▶ What is needed:
Filtering the records below, copy only those lines that include the word "IfNone".

::: Entries provided :::

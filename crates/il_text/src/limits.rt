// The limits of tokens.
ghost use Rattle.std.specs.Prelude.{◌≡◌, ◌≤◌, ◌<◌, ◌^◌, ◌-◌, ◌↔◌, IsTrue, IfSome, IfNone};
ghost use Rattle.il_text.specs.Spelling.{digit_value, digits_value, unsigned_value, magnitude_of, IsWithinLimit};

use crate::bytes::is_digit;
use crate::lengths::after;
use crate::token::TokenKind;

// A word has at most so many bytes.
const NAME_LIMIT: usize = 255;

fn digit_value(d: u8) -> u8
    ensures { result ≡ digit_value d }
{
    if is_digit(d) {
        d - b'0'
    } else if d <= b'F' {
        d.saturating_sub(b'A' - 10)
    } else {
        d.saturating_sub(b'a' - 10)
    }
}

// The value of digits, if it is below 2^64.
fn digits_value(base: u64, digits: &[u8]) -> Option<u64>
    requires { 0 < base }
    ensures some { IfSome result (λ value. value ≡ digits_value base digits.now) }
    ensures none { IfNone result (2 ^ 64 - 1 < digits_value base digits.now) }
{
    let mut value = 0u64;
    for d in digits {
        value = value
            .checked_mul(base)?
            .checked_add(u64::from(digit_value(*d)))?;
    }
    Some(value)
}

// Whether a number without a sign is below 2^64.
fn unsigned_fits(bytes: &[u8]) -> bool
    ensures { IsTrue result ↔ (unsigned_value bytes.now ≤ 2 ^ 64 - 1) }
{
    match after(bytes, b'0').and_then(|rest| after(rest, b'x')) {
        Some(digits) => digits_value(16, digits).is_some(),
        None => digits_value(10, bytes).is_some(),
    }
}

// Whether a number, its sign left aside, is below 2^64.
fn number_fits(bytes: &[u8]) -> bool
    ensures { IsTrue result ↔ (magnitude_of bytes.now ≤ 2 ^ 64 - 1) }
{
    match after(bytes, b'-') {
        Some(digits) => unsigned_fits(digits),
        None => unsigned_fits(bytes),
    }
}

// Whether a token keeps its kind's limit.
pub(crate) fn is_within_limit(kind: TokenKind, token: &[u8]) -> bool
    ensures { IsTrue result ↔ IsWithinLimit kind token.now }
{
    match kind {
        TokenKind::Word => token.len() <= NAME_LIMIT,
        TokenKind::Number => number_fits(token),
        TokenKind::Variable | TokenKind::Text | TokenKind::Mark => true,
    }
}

:::
::: Entries provided :::

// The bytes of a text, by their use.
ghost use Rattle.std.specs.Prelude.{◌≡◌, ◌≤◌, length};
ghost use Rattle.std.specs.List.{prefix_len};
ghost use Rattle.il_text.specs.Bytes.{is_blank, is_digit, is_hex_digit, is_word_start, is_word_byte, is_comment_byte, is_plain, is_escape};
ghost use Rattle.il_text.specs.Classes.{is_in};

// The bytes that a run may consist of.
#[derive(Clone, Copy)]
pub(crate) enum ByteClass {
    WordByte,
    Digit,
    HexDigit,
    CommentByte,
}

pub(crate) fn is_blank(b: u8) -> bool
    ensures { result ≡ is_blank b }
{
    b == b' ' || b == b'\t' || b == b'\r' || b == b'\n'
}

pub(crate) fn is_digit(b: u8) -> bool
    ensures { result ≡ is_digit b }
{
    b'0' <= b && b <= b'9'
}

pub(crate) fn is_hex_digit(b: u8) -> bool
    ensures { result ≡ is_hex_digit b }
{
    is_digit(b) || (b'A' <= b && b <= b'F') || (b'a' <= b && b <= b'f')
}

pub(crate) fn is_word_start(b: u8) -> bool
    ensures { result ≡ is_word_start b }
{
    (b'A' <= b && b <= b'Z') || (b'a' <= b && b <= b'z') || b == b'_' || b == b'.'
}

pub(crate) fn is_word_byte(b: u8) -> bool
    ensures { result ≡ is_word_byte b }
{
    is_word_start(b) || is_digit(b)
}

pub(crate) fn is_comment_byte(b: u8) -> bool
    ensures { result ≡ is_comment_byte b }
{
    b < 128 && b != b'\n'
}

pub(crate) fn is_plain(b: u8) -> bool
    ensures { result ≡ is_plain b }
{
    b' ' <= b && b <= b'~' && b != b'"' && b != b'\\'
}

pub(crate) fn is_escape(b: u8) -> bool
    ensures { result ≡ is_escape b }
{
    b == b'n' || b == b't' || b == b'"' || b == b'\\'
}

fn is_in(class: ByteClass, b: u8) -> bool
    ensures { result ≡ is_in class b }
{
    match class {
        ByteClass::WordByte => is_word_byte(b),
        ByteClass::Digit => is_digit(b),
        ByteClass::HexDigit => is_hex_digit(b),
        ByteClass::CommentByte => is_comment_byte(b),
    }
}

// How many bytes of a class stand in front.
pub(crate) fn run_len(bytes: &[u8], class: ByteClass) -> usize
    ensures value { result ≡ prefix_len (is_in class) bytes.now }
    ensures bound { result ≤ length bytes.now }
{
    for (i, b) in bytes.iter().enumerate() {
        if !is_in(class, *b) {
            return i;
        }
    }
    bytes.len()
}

:::

▶ Answer for the task:
ghost use Rattle.std.specs.Prelude.{◌≡◌, ◌≤◌, ◌<◌, ◌^◌, ◌-◌, ◌↔◌, IsTrue, IfSome, IfNone};
    ensures none { IfNone result (2 ^ 64 - 1 < digits_value base digits.now) }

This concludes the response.